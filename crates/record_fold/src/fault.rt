//! Why a record was not folded.

use js_base::NoMemory;
use thiserror::Error;

/// Why a record was not folded.
#[derive(Clone, Copy, Debug, PartialEq, Eq, Error)]
pub enum FoldFault {
    /// It does not fit. The field that is wrong begins so many bytes behind the record's first byte, its kind, where records are spelled; a record that may
    /// not stand there at all is wrong from its kind on.
    #[error("a field does not fit, {0} bytes behind the kind")]
    Misfit(usize),
    #[error("out of memory")]
    NoMemory,
}

impl From<NoMemory> for FoldFault {
    ghost use Rattle.std.specs.Prelude.{◌≡◌};
    ghost use Rattle.record_fold.specs.declared.fault.FoldFault.TheVariants.{NoMemory as OutOfMemory};

    ghost from_gives = { λ refused fault. fault ≡ OutOfMemory };

    fn from(_refused: NoMemory) -> FoldFault {
        FoldFault::NoMemory
    }
}
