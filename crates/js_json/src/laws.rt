//! Laws of the definitions: what is read of times and numbers, and what is written of times.

ghost use Rattle.js_json.specs.Laws.{LawTime, LawTimeText, LawRoundTrip, LawInteger, LawNumeral};

/// A text is read as a moment exactly if it is the moment's text by the grammar.
pub fn law_time()
    ensures time { LawTime }
{}

/// What is written of a moment is its text, and is read as that moment.
pub fn law_time_text()
    ensures text { LawTimeText }
    ensures round_trip { LawRoundTrip }
{}

/// Each integer of 64 bits, with a sign or without, is read from its decimal digits. A number that is read as an integer is written in digits
/// alone, which after a minus are not 0.
pub fn law_numbers()
    ensures integer { LawInteger }
    ensures numeral { LawNumeral }
{}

§

EXERCISE AIM
Would you transcribe, exactly, the lines running from the one that contains "minus are not 0." through the final line of the listing above? Include both ends and nothing else.

SOLUTION TO THIS PROBLEM
/// alone, which after a minus are not 0.
pub fn law_numbers()
    ensures integer { LawInteger }
    ensures numeral { LawNumeral }
{}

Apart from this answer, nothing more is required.